▶ TASK DETAILS: The lines to return are those below that contain the word "quotes".

PROVIDED DATA: Begin

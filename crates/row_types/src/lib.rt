//! Values, their order and three-valued comparison, columns, rows, keys and broken rules.
#![tactic(auto)]

pub mod column;
pub mod declaration;
pub mod key;
pub mod laws;
pub mod literal;
pub mod printing;
pub mod row;
pub mod rule;
pub mod text;
pub mod time;
pub mod truth;
pub mod value;
pub mod values;

pub use column::{Column, Ty, fits, rescaled, stored};
pub use declaration::{
    ColumnDeclaration, ForeignKeyDeclaration, TableDeclaration, TypeDeclaration,
};
pub use key::Key;
pub use literal::{held_text, parse_literal};
pub use numbers;
pub use printing::{print, print_into, print_key_into, print_values_into};
pub use row::Row;
pub use rule::{Detail, Letter, Refused, Rule};
pub use text::Text;
pub use tier_base;
pub use time::Time;
pub use truth::Truth;
pub use value::{Value, compare, order, value_order};
pub use values::{copied_values, order_of_values, same_values};
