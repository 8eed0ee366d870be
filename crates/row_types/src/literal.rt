//! Literals.

ghost use Rattle.std.specs.Prelude.{◌≡◌, ◌<◌, ◌∷◌, length, IfErr, IfOk, MatchOption, vec_items};
ghost use Rattle.std.specs.Option.{option_and_then, option_map};
ghost use Rattle.row_types.specs.Literals.{IsLiteralRefusal, held_text, is_quoted, is_time_literal, undoubled, value_of};

use crate::rule::{Detail, Refused, Rule};
use crate::text::Text;
use crate::time::Time;
use crate::value::Value;
use numbers::Number;
use std::alloc::{AllocError, Global};
use tier_base::Code;

/// The greatest number of bytes of a text.
pub const TEXT_BYTES: usize = 4000;

/// The value of a literal: `NULL`; digits, or digits, a point and digits, with or without a `-` before them; a text in
/// single quotes, where two quotes stand for one of the text and `''` alone is NULL; `TIMESTAMP 'YYYY-MM-DD HH:MM:SS'`.
///
/// `OutOfRange` exactly where no type holds it: a number with units past 64 signed bits, or with more than 18 digits
/// behind its point, a text of more than 4,000 bytes, a
/// `TIMESTAMP` of anything else than a date of the years 0001 to 9999 with a time of day, and bytes that are no
/// literal.
pub fn parse_literal(alloc: Global, bytes: &[u8]) -> Result<Value, Refused>
    ensures value { IfOk result (λ value. value_of bytes.now ≡ Some value) }
    ensures refused { IfErr result (IsLiteralRefusal bytes.now) }
{
    if bytes == b"NULL".as_slice() {
        return Ok(Value::Null);
    }
    let value = if is_quoted(bytes) {
        parse_text(alloc, &bytes[1..bytes.len() - 1])?
    } else if is_time_literal(bytes) {
        Time::from_text(&bytes[11..30]).map(Value::Time)
    } else {
        Number::from_text(bytes).map(Value::Number)
    };
    value.ok_or(Refused::Rule(Rule {
        code: Code::OutOfRange,
        detail: Detail::NoType,
    }))
}

fn is_quoted(bytes: &[u8]) -> bool
    ensures { result ≡ is_quoted bytes.now }
{
    bytes.len() >= 2 && bytes[0] == b'\'' && bytes[bytes.len() - 1] == b'\''
}

fn is_time_literal(bytes: &[u8]) -> bool
    ensures { result ≡ is_time_literal bytes.now }
{
    bytes.len() == 31 && bytes.starts_with(b"TIMESTAMP '") && bytes[30] == b'\''
}

/// The value of a text literal, without the quotes at its ends.
fn parse_text(alloc: Global, quoted: &[u8]) -> Result<Option<Value>, AllocError>
    ensures { IfOk result (λ value. value ≡ option_and_then held_text (undoubled quoted.now)) }
{
    if !quoted.contains(&b'\'') {
        return held_text(alloc, quoted);
    }
    match undoubled(alloc, quoted)? {
        None => Ok(None),
        Some(text) => held_text(alloc, text.as_slice()),
    }
}

/// The value of a text literal without its quotes: NULL of none, and none of more than 4,000 bytes.
pub fn held_text(alloc: Global, text: &[u8]) -> Result<Option<Value>, AllocError>
    ensures { IfOk result (λ value. value ≡ held_text text.now) }
{
    if text.is_empty() {
        return Ok(Some(Value::Null));
    }
    if text.len() > TEXT_BYTES {
        return Ok(None);
    }
    let text = Text::new(alloc, text)?;
    Ok(Some(Value::Text(text)))
}

/// The text with one quote for each two; none where a quote stands alone.
fn undoubled(alloc: Global, quoted: &[u8]) -> Result<Option<Vec<u8>>, AllocError>
    ensures { IfOk result (λ text. option_map vec_items text ≡ undoubled quoted.now) }
{
    let mut text = Vec::with_capacity(alloc, quoted.len())?;
    let mut left = quoted;
    while !left.is_empty() {
        let Some((byte, behind)) = first_of_text(left) else {
            return Ok(None);
        };
        text.push(byte)?;
        left = behind;
    }
    Ok(Some(text))
}

/// The first byte of the text and the quoted bytes behind it; none where a quote stands alone.
fn first_of_text(quoted: &[u8]) -> Option<(u8, &[u8])>
    requires { 0 < length quoted.now }
    ensures { MatchOption result (undoubled quoted.now ≡ None)
        (λ first. (undoubled quoted.now
        ≡ option_map (λ text. first.0 ∷ text) (undoubled first.1.now))
        × (length first.1.now < length quoted.now)) }
{
    if quoted.starts_with(b"''") {
        Some((b'\'', &quoted[2..]))
    } else if quoted[0] == b'\'' {
        None
    } else {
        Some((quoted[0], &quoted[1..]))
    }
}
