//! Three-valued truth.

ghost use Rattle.std.specs.Prelude.{◌≡◌};
ghost use Rattle.row_types.specs.Truths.{both, either, negation, truth_of};

/// What a condition may be. It selects a row exactly where it is `True`.
#[derive(Clone, Copy, Debug, PartialEq, Eq)]
pub enum Truth {
    /// It holds.
    True,
    /// It doesn't hold.
    False,
    /// NULL took part, and nothing else decided.
    Unknown,
}

impl Truth {
    /// What a test says.
    pub fn of(test: bool) -> Truth
        ensures { result ≡ truth_of test }
    {
        if test { Truth::True } else { Truth::False }
    }

    /// AND: `False` where one side is, `True` where both are.
    pub fn and(self, other: Truth) -> Truth
        ensures { result ≡ both self other }
    {
        match (self, other) {
            (Truth::False, _) => Truth::False,
            (_, Truth::False) => Truth::False,
            (Truth::True, Truth::True) => Truth::True,
            _ => Truth::Unknown,
        }
    }

    /// OR: `True` where one side is, `False` where both are.
    pub fn or(self, other: Truth) -> Truth
        ensures { result ≡ either self other }
    {
        match (self, other) {
            (Truth::True, _) => Truth::True,
            (_, Truth::True) => Truth::True,
            (Truth::False, Truth::False) => Truth::False,
            _ => Truth::Unknown,
        }
    }

    /// NOT: `Unknown` stays.
    pub fn negated(self) -> Truth
        ensures { result ≡ negation self }
    {
        match self {
            Truth::True => Truth::False,
            Truth::False => Truth::True,
            Truth::Unknown => Truth::Unknown,
        }
    }
}
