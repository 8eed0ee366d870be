//! Broken rules.

use crate::key::Key;
use std::alloc::AllocError;
use tier_base::{Code, Label, Limit, Name};

/// A rule that a request breaks: its code, and what the reply prints behind it.
pub struct Rule {
    /// The code.
    pub code: Code,
    /// What the reply prints behind the code.
    pub detail: Detail,
}

impl Rule {
    ghost use Rattle.std.specs.Prelude.{◌≡◌};

    /// What the reply prints behind the code.
    pub fn into_detail(self) -> Detail
        ensures { result ≡ self.detail }
    {
        let Self { code: _, detail } = self;
        detail
    }
}

impl Drop for Rule {
    fn drop(self) {
        let Self { code: _, detail: _ } = self;
    }
}

/// What a reply prints behind a code.
pub enum Detail {
    /// Nothing.
    Nothing,
    /// A byte of the line, from 0.
    Byte(u64),
    /// A table, column, group, procedure or flag.
    Name(Name),
    /// A table and the key of one of its rows.
    Row(Name, Key),
    /// The label of a session.
    Label(Label),
    /// The letter of a rule of cache groups.
    Letter(Letter),
    /// A limit.
    Limit(Limit),
    /// A literal that no type holds, printed as `-`.
    NoType,
}

impl Drop for Detail {
    fn drop(self) {
        match self {
            Self::Nothing => {}
            Self::Byte(_) => {}
            Self::Name(_) => {}
            Self::Row(_, _) => {}
            Self::Label(_) => {}
            Self::Letter(_) => {}
            Self::Limit(_) => {}
            Self::NoType => {}
        }
    }
}

/// The rules of a cache group's definition, by letter, in the order in which they are tested.
#[derive(Clone, Copy, Debug, PartialEq, Eq)]
pub enum Letter {
    /// No primary key, two, or another one than the backing table's.
    A,
    /// A foreign key whose parent isn't an earlier table of the group.
    B,
    /// A later table without a foreign key.
    C,
    /// A table that is in a group already, or twice in this one.
    D,
    /// A column, type, foreign key or ON DELETE CASCADE other than the backing table's.
    E,
    /// WHERE on a writethrough table.
    F,
    /// AUTOREFRESH on writethrough.
    G,
    /// LRU on an explicit READONLY group.
    H,
    /// An aging column that isn't a NOT NULL TIMESTAMP, or aging on a child.
    I,
    /// A writethrough table with a foreign key to, or from, a table outside the group.
    J,
    /// A number out of its range.
    K,
}

/// Why a call gave no result.
#[derive(Drop)]
pub enum Refused {
    /// A rule is broken.
    Rule(Rule),
    /// Memory was wanting.
    Memory,
}

impl From<AllocError> for Refused {
    ghost use Rattle.std.specs.Prelude.{◌≡◌};
    ghost use Rattle.row_types.specs.declared.rule.Refused.TheVariants.{Memory};

    ghost from_gives = { λ _ e. e ≡ Memory };

    fn from(_error: AllocError) -> Refused {
        Refused::Memory
    }
}
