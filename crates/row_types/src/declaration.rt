//! Tables as a statement declares them, before any name is looked up.

use crate::text::Text;
use tier_base::{Name, Seq};

/// The type of a column as it is written.
#[derive(Drop)]
pub enum TypeDeclaration {
    /// TT_INTEGER.
    TtInteger,
    /// TT_BIGINT.
    TtBigint,
    /// NUMBER(p) or NUMBER(p, s), with the digits of p and s. They are a type's numbers where p is from 1 to 18 and s
    /// from 0 to p; an s that isn't there is 0.
    Number(Text, Option<Text>),
    /// VARCHAR2(n), with the digits of n. They are a type's number where it is from 1 to 4000.
    Varchar2(Text),
    /// TIMESTAMP, TIMESTAMP(0) is the same.
    Timestamp,
}

/// A column as it is written.
#[derive(Drop)]
pub struct ColumnDeclaration {
    /// Its name, one identifier.
    pub name: Name,
    /// Its type.
    pub ty: TypeDeclaration,
    /// Whether NOT NULL stands behind it.
    pub not_null: bool,
    /// Whether PRIMARY KEY stands behind it.
    pub primary_key: bool,
}

/// A foreign key as it is written.
#[derive(Drop)]
pub struct ForeignKeyDeclaration {
    /// The columns.
    pub columns: Seq<Name>,
    /// The table that they refer to.
    pub parent: Name,
    /// The columns of that table.
    pub parent_columns: Seq<Name>,
    /// Whether ON DELETE CASCADE stands behind it.
    pub cascade: bool,
}

/// A table as a statement declares it.
#[derive(Drop)]
pub struct TableDeclaration {
    /// Its name.
    pub name: Name,
    /// Its columns, in their order.
    pub columns: Seq<ColumnDeclaration>,
    /// The columns of its PRIMARY KEY clause, where it has one.
    pub primary_key: Option<Seq<Name>>,
    /// Its FOREIGN KEY clause, where it has one.
    pub foreign_key: Option<ForeignKeyDeclaration>,
}
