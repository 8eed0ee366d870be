//! Laws of the definitions, each on the contract of a function that does nothing.

ghost use Rattle.std.specs.Prelude.{◌≡◌, ◌≤◌, ◌++◌, ℕ, ℤ, List, length, codes, true, Some};
ghost use Rattle.row_types.specs.Columns.{holds, rescaled_for};
ghost use Rattle.row_types.specs.Literals.{value_of};
ghost use Rattle.row_types.specs.Order.{key_order, order_of, value_order};
ghost use Rattle.row_types.specs.Printing.{printed};
ghost use Rattle.row_types.specs.TimeTexts.{time_of, time_text};
ghost use Rattle.numbers.specs.Decimals.{Decimal, IsNumber};
ghost use Rattle.row_types.specs.declared.column.Ty.{Ty as ColumnType};
ghost use Rattle.row_types.specs.declared.value.Value.{Value as One};
ghost use Rattle.row_types.specs.declared.value.Value.TheVariants as value;
ghost use Rattle.std.specs.FinMap.{IsAntisymmetric};
ghost use Rattle.std.specs.Cmp.{IsTotalOrder};
ghost use Rattle.std.specs.declared.cmp.Ordering.TheVariants.{Equal};

use crate::time::Time;

/// The order of values is total, and only the same values are equal in it.
pub fn order_law()
    ensures total { IsTotalOrder order_of }
    ensures exact { IsAntisymmetric order_of }
{}

/// Values that one type holds are ordered by what they stand for.
pub fn column_order_law()
    ensures { (t : ColumnType) (a b : One) → holds t a ≡ true → holds t b ≡ true
        → value_order a b ≡ order_of a b }
{}

/// A value that a type holds, and that is equal to another one, is that one with the scale of the type's numbers.
pub fn rescaled_law()
    ensures { (t : ColumnType) (v w r : One) → holds t v ≡ true → value_order v w ≡ Equal → rescaled_for t w ≡ Some r
        → v ≡ r }
{}

/// The order of keys is total, and only the same keys are equal in it.
pub fn key_order_law()
    ensures total { IsTotalOrder key_order }
    ensures exact { IsAntisymmetric key_order }
{}

/// What is printed of NULL, of a number and of a text of 1 to 4,000 bytes is a literal of it.
pub fn printed_literal_law()
    ensures null { value_of (printed value.Null) ≡ Some value.Null }
    ensures number { (n : Decimal) → IsNumber n → value_of (printed (value.Number n)) ≡ Some (value.Number n) }
    ensures text { (text : List ℕ) → 1 ≤ length text → length text ≤ 4000
        → value_of (printed (value.Text text)) ≡ Some (value.Text text) }
{}

/// What is printed of a time names it, alone and in a literal.
pub fn time_text_law(time: Time)
    ensures text { time_of (time_text time) ≡ Some time }
    ensures literal { value_of (codes "TIMESTAMP '" ++ time_text time ++ codes "'")
        ≡ Some (value.Time time) }
{
    let _date = time.date();
}
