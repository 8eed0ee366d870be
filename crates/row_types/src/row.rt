//! Rows of tables.

ghost use Rattle.std.specs.Prelude.{◌≡◌, ◌↔◌, IfOk, IsTrue};

use crate::value::Value;
use crate::values::{copied_values, same_values};
use std::alloc::{AllocError, Global};
use std::marker::Model;

/// The values of a row, in the order of its table's columns. Clauses see the list of them.
#[derive(Drop)]
pub struct Row {
    values: Vec<Value>,
}

impl Model for Row {
    ghost use Rattle.std.specs.Prelude.{List};
    ghost use Rattle.row_types.specs.declared.value.Value.{Value as OneValue};

    ghost Value = { List OneValue };

    ghost view = { λ row. row.values.items };
}

impl Row {
    /// The row of these values. It takes no memory.
    pub fn from_vec(values: Vec<Value>) -> Row
        ensures { result ≡ values.items }
    {
        Row { values }
    }

    /// The values.
    pub fn values(&self) -> &[Value]
        ensures { result.now ≡ self.now }
    {
        self.values.as_slice()
    }

    /// Whether this is the same row.
    pub fn same(&self, other: &Row) -> bool
        ensures { IsTrue result ↔ (self.now ≡ other.now) }
    {
        same_values(self.values(), other.values())
    }

    /// A second copy of the row.
    pub fn copied(&self, alloc: Global) -> Result<Row, AllocError>
        ensures { IfOk result (λ row. row ≡ self.now) }
    {
        let values = copied_values(alloc, self.values())?;
        Ok(Row { values })
    }
}
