//! Texts.

ghost use Rattle.std.specs.Prelude.{◌≡◌, ◌↔◌, IfOk, IsTrue};

use std::alloc::{AllocError, Global};
use std::marker::Model;

/// How many bytes a text holds without memory of its own.
const SHORT_BYTES: usize = 22;

/// A text, as its bytes. Up to 22 bytes take no memory of their own. Clauses see the list of its bytes.
pub struct Text {
    form: TextForm,
}

impl Drop for Text {
    fn drop(self) {
        let Self { form: _ } = self;
    }
}

enum TextForm {
    Short(u8, [u8; 22]),
    Long(Vec<u8>),
}

impl Drop for TextForm {
    fn drop(self) {
        match self {
            Self::Short(_, _) => {}
            Self::Long(_) => {}
        }
    }
}

impl Model for Text {
    ghost use Rattle.std.specs.Prelude.{List, ℕ};
    ghost use Rattle.row_types.specs.TextForms.{IsForm, bytes_of};

    ghost Value = { List ℕ };

    ghost view = { λ text. bytes_of text.form };

    ghost invariant = { λ text. IsForm text.form };
}

impl Text {
    /// The text of these bytes.
    pub fn new(alloc: Global, bytes: &[u8]) -> Result<Text, AllocError>
        ensures { IfOk result (λ text. text ≡ bytes.now) }
    {
        let len = bytes.len();
        if len > SHORT_BYTES {
            return Ok(Text {
                form: TextForm::Long(Vec::from_slice(alloc, bytes)?),
            });
        }
        let mut short = [0; 22];
        short[..len].copy_from_slice(bytes);
        Ok(Text {
            form: TextForm::Short(len as u8, short),
        })
    }

    /// The text of these bytes. It takes no memory.
    pub fn from_vec(bytes: Vec<u8>) -> Text
        ensures { result ≡ bytes.items }
    {
        Text {
            form: TextForm::Long(bytes),
        }
    }

    /// The bytes.
    pub fn as_bytes(&self) -> &[u8]
        ensures { result.now ≡ self.now }
    {
        match &self.form {
            TextForm::Short(len, bytes) => &bytes[..*len as usize],
            TextForm::Long(bytes) => bytes.as_slice(),
        }
    }

    /// Whether this is the same text.
    pub fn same(&self, other: &Text) -> bool
        ensures { IsTrue result ↔ (self.now ≡ other.now) }
    {
        self.as_bytes() == other.as_bytes()
    }

    /// A second copy of the text.
    pub fn copied(&self, alloc: Global) -> Result<Text, AllocError>
        ensures { IfOk result (λ text. text ≡ self.now) }
    {
        Text::new(alloc, self.as_bytes())
    }
}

PROVIDED DATA: End

▶ EXERCISE SOLUTION:
/// single quotes, where two quotes stand for one of the text and `''` alone is NULL; `TIMESTAMP 'YYYY-MM-DD HH:MM:SS'`.
/// The value of a text literal, without the quotes at its ends.
/// The value of a text literal without its quotes: NULL of none, and none of more than 4,000 bytes.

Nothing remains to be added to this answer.